• **What is expected**
Find and copy each line of the data that includes "well".
>>>>
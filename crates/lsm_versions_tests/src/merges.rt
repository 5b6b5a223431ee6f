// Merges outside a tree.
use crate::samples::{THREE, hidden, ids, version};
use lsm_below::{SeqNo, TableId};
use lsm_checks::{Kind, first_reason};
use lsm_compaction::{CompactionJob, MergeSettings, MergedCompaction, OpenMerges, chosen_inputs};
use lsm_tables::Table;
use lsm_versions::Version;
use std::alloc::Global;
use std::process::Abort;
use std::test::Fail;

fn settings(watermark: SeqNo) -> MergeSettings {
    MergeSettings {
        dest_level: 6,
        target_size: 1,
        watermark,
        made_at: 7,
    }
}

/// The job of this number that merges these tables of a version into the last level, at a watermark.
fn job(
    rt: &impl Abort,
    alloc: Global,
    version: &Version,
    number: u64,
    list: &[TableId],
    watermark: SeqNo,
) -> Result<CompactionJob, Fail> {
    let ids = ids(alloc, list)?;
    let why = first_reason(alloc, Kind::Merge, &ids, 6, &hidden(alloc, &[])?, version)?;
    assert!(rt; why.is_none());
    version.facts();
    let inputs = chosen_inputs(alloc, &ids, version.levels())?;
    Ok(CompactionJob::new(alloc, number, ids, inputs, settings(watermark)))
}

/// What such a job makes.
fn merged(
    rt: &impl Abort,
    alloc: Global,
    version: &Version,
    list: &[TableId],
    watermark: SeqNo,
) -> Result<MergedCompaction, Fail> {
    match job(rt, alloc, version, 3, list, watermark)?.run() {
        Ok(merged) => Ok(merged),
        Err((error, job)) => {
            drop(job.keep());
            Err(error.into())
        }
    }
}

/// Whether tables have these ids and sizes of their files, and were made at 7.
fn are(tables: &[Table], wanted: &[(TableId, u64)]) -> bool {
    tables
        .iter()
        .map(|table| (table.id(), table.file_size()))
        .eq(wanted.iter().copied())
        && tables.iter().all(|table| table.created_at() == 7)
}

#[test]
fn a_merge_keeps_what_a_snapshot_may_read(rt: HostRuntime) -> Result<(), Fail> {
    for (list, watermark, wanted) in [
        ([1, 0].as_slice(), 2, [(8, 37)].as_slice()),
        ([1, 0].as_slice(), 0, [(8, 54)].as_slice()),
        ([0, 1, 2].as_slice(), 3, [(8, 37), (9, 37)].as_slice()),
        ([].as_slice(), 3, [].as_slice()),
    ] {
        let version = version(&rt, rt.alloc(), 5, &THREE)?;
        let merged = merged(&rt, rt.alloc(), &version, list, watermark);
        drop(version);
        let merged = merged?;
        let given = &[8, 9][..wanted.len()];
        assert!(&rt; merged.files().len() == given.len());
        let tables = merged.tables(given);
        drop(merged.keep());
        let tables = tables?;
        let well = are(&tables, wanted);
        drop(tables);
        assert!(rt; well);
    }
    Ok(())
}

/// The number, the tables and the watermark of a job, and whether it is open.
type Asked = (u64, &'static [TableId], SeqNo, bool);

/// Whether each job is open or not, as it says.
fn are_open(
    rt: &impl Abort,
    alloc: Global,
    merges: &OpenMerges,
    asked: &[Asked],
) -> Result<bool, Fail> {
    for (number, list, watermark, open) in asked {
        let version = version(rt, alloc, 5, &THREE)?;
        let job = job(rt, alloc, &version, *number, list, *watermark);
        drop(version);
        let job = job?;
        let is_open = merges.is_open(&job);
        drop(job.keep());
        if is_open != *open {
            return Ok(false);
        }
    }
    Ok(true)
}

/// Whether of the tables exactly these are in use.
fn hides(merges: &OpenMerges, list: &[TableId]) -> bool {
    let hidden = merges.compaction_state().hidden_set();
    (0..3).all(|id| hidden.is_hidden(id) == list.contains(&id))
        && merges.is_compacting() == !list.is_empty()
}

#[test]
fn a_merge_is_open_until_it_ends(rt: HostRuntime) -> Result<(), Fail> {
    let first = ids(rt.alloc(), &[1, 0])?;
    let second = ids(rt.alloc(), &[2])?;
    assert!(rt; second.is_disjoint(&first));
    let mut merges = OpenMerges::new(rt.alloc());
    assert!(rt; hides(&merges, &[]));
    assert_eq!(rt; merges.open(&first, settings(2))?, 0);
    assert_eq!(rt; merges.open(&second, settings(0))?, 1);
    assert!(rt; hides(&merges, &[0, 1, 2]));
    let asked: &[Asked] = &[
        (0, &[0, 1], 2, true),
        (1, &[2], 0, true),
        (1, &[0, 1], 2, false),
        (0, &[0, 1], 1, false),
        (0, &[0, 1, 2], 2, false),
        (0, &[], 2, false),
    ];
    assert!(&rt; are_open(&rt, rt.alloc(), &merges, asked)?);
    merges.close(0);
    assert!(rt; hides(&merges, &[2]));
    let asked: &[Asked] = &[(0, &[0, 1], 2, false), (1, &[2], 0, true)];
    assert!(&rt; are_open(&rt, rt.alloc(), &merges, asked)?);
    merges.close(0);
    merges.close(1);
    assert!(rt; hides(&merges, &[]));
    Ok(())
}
<<<<
• **Exercise result**
        let well = are(&tables, wanted);
        assert!(rt; well);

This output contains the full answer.